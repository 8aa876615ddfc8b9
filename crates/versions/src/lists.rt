//! A store of lists by their versions.
ghost use Rattle.std.specs.Prelude.{◌≡◌, ◌≢◌, ◌↔◌, ◌+◌, ◌-◌, ◌^◌, ◌<◌, ◌≤◌, [], ◌∷◌, ◌++◌, length, take, drop, insert, remove, slice_set, Err, None, IfOk, IfErr, IsErrAnd, OnErr, IsTrue, option_copied, slice_get};
ghost use Rattle.std.specs.List.{AllZip};
ghost use Rattle.std.specs.declared.cmp.Ordering.TheVariants.{Equal};
ghost use Rattle.std.specs.FinMap as map;
ghost use Rattle.versions.specs.Store.{Holds, list_of};

use crate::faults::{Fault, Refused};
use crate::in_place::{SET_HERE_NODES, changed_here, popped_here, pushed_here};
use crate::items::Items;
use crate::limits::{is_long, is_part};
use crate::making::{
    EMPTY_NODES, ERASE_NODES, SLICE_NODES, changed, cut_out, emptied, inserted, joined, pushed,
    shared, sliced,
};
use crate::roots::{Handles, Version, forget, is_kept, keep, put, reserve, root_of, versions_of};
use edit_vec::POP_NODES;
use elem_core::{Element, NoMemory};
use node_heap::{Heap, Link};
use rrb_core::{FlexRef, PUSH_NODES, SET_NODES};
use rrb_join::SEAM_NODES;
use same_value::equal_vec;
use slab::Slab;
use std::alloc::Global;
use std::marker::Model;

/// Lists by their versions. Each version stays until it is forgotten, and versions share what they have in common. A store that
/// is dropped gives all of them back.
#[derive(Drop)]
pub struct Lists<T: Element> {
    pub(crate) heap: Heap<T>,
    pub(crate) roots: Slab<Link>,
}

impl<T: Element> Model for Lists<T> {
    ghost use Rattle.std.specs.Ordering.{nat_cmp};
    ghost use Rattle.std.specs.Prelude.{List};
    ghost use Rattle.std.specs.Coded.{coded_ℕ, coded_list};
    ghost use Rattle.std.specs.FinMap as map;
    ghost use Rattle.versions.specs.Roots.{values_in, HasRoots};
    ghost use Rattle.versions.specs.Rooted.{list_at, IsListOf};

    ghost Value = { map.FinMap nat_cmp (List T) };

    ghost coded = { map.code coded_ℕ (coded_list T.code) };

    ghost view = { λ s. values_in list_at s.heap s.roots.slots };

    ghost invariant = { λ s. HasRoots IsListOf list_at s.heap s.roots.slots };
}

__________________________________________________

## Task to complete
Find how many lines above include "specs"; reply with the number only.

## Finished exercise
11